So yes, I did MAKE MY OWN MONEY that had nothing to do with me inheriting my ranch you incompentent. I sold both businesses and could retire right now, at 27, and live a very comfortable life. Not because of the ranch, but because I caught the Eagle Ford Shale play early and found a niche in the market and filled it. It's people like you that make assumptions based on age (like me being a "ultra young 27 year old" that are complete incompetents and, frankly, jealous. I come from over 100 years of cattle ranchers, I my kids will get my land one day. THAT'S HOW IT WORKS NOW!!! You will never, ever see anyone go into a bank and take a 15,000,000$ loan out on a ranch and expect to turn a profit and actually be able to pay back that 70 year 6% interest loan. Good luck with finding someone who's done that. So F-off, you know nothing about me and how hard I've worked for what I've got.

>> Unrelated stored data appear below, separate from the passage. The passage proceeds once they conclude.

//! The items of a slice, each encoded as what a closure returns for it.
ghost use Rattle.std.specs.Prelude.{◌≡◌, All, Any};
ghost use Rattle.bcder.specs.calls.Encoders.{HasEncoding, SizeOfValues, WritesParts, into_result};
ghost use Rattle.bcder.specs.calls.Meaning.{EachOf, Joined};
ghost use Rattle.bcder.specs.calls.Iterated.{TakesItem, Gives, ItemMeans, ItemLacks, MayMap};
ghost use Rattle.bcder.specs.laws.Composed.{item_lawful};
ghost use Rattle.bcder.specs.calls.Noted.{ReadsNone};
ghost use Rattle.bcder.specs.laws.Joined.{EachOf_lawful, Joined_lawful};

use crate::encode::sizes::{Inside, Sizes, SizesLeft};
use crate::encode::slot::Failed;
use crate::encode::values::parts::{Parts, add_len, note_joined, write_known_parts};
use crate::encode::values::{Encoder, Values};
use crate::encode::{EncodeError, WriteError};
use crate::mode::Mode;
use std::convert::AsSlice;
use std::io;
use std::marker::PhantomData;

/// An encoder of the items of a slice, each encoded as what a closure returns for it.
///
/// Calls require that the closure may be called on every item, and gives each item one meaning. For
/// a closure without clauses this is known from its body.
#[derive(Drop)]
pub struct Slice<T, F, U, V> {
    value: T,
    f: F,
    marker: PhantomData<(U, V)>,
}

impl<T: AsSlice<U>, F: Fn(&U) -> V, U, V: Values> Slice<T, F, U, V> {
    /// Creates an encoder of the items of `value`, each as what `f` returns for it.
    pub fn new(value: T, f: F) -> Self
        ensures value { result.value ≡ value }
        ensures closure { result.f ≡ f }
    {
        Slice {
            value,
            f,
            marker: PhantomData,
        }
    }
}

/// Returns what the closure returns for an item.
fn call_on<U, V, F: Fn(&U) -> V>(f: &F, item: &U) -> V
    requires { TakesItem F.Fn f.now item.now }
    ensures { Gives F.Fn f.now item.now result }
{
    f(item)
}

/// Returns the size of an item, or its refusal.
fn item_len<U, V: Values + Drop, F: Fn(&U) -> V>(
    f: &F,
    item: &U,
    mode: Mode,
) -> Result<usize, EncodeError>
    requires { MayMap F.Fn f.now V.can_encode V.means item.now }
    ensures { SizeOfValues (ItemMeans F.Fn f.now V.means mode item.now)
        (ItemLacks F.Fn f.now V.may_lack mode item.now) result }
{
    let value = call_on(f, item);
    value.encoded_len(mode)
}

/// Writes an item that is known to have an encoding.
fn write_item<U, V: Values + Drop, F: Fn(&U) -> V, W: io::Write>(
    f: &F,
    item: &U,
    mode: Mode,
    target: &mut W,
    why: &mut WriteError,
) -> Result<(), Failed>
    requires may { MayMap F.Fn f.now V.can_encode V.means item.now }
    requires known { HasEncoding (ItemMeans F.Fn f.now V.means mode item.now) }
    ensures { WritesParts W.contents target (ItemMeans F.Fn f.now V.means mode item.now)
        (ItemLacks F.Fn f.now V.may_lack mode item.now) (into_result result why.new) }
{
    let value = call_on(f, item);
    value.write_known::<Inside, _>(mode, &mut SizesLeft::none(), target, why)
}

/// The items and the closure.
#[derive(Drop)]
struct Mapped<'a, F, U, V> {
    items: &'a [U],
    f: &'a F,
    marker: PhantomData<V>,
}

impl<'a, F: Fn(&U) -> V, U, V: Values + Drop> Parts for Mapped<'a, F, U, V> {
    ghost all = { λ x mode. EachOf (ItemMeans F.Fn x.f.now V.means mode) x.items.now };

    ghost may_lack = { λ x mode. Any (ItemLacks F.Fn x.f.now V.may_lack mode) x.items.now };

    ghost reads = { λ _ _. ReadsNone };

    ghost can_encode = { λ x. All (MayMap F.Fn x.f.now V.can_encode V.means) x.items.now };

    #[tactic(auto, using(crate::proofs::Noting::nothing_noted))]
    fn note_parts<Pass>(
        &self,
        mode: Mode,
        _sizes: &mut Sizes,
    ) -> Result<Option<usize>, EncodeError> {
        let mut sum = Some(0usize);
        for item in self.items {
            let len = item_len(self.f, item, mode)?;
            sum = add_len(sum, len);
        }
        Ok(sum)
    }

    #[tactic(auto, using(crate::proofs::Noting::none_read))]
    fn write_parts<Pass, W: io::Write>(
        &self,
        mode: Mode,
        _sizes: &mut SizesLeft<'_>,
        target: &mut W,
        why: &mut WriteError,
    ) -> Result<(), Failed> {
        for item in self.items {
            write_item(self.f, item, mode, target, why)?;
        }
        Ok(())
    }

    ghost all_lawful = { λ x mode can.
        EachOf_lawful mode (item_lawful F.Fn x.f.now mode (λ v. V.lawful v mode)) x.items.now can };
}

impl<T: AsSlice<U>, F: Fn(&U) -> V, U, V: Values + Drop> Encoder for Slice<T, F, U, V> {
    ghost all = { λ x mode.
        Joined (EachOf (ItemMeans F.Fn x.f V.means mode) (T.items x.value)) };

    ghost lacks = { λ x mode. Any (ItemLacks F.Fn x.f V.may_lack mode) (T.items x.value) };

    ghost takes = { λ _ _. ReadsNone };

    ghost can = { λ x. All (MayMap F.Fn x.f V.can_encode V.means) (T.items x.value) };

    fn measured<Pass>(&self, mode: Mode, sizes: &mut Sizes) -> Result<usize, EncodeError> {
        let items = self.value.as_slice();
        let parts = Mapped {
            items,
            f: &self.f,
            marker: PhantomData,
        };
        note_joined::<Pass, _>(&parts, mode, sizes)
    }

    fn put<Pass, W: io::Write>(
        &self,
        mode: Mode,
        sizes: &mut SizesLeft<'_>,
        target: &mut W,
        why: &mut WriteError,
    ) -> Result<(), Failed> {
        let items = self.value.as_slice();
        let parts = Mapped {
            items,
            f: &self.f,
            marker: PhantomData,
        };
        write_known_parts::<Pass, _, _>(&parts, mode, sizes, target, why)
    }

    ghost one = { λ x mode can. Joined_lawful (EachOf_lawful mode
        (item_lawful F.Fn x.f mode (λ v. V.lawful v mode)) (T.items x.value) can) };
}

Oh, and I just started another business running a camp for workers in the Ford Shale play region. It's gonna be a money maker too... and guess what, not one penny of mommy or daddies money attributed to that. My parents as well as my brother are dead now, and left me with nothing but a large tract of land, and a 650k note, oh, and yes they did leave me some money. $30,000 COMBINED LIFE INSURANCE THAT'S IT!!!!! , which barely covered their funeral costs, and didn't even get near to covering the estate tax. Well over a million. I'm still paying that down. 
You pick on me because I am young, but I guarantee you I know 100% more than you do of what it takes to run a large operation, and dealing with hunters, and that those "contracts" hunters try to make landowners sign, never, ever, ever come to fruition. I know, I've been presented with them along with over a dozen other ranchers I know. In 20 years, I guarantee you lease rates will triple AT LEAST, due to city expansion and less land to hunt. And for people like me who inherited land, and are cutting it up and selling it off. Not me, ranching is my passion, and I've dumped a lot of my money from my other business' into it just to keep it going (especially during the drought). 
So go crawl back in your hole where you belong. 
If you think I'm wrong, or making this up, call me then. (325) 2481812. Because I can prove it. You're an incompetent old ***** who thinks he knows it all just because you're older than I am, and I have probably accomplished more in 27 years than you will in your whole life. I'll rest easy tomorrow night knowing that. People like you that make assumptions not backed by any knowledge or fact are just plain idiots. I'd love to catch someone like you in a parking lot somewhere and show you what a ropers callused hands can do to a man's face. You're a coward, plain and simple. 
So yes, I have made it on my own. All while dealing with my father's, mother, and brother's death in the last 6 years. That's my whole family. You have no idea how hard I've worked to get where I'm at, you freakin *****. Go back to working in your cubicle with your lotioned hands where you belong.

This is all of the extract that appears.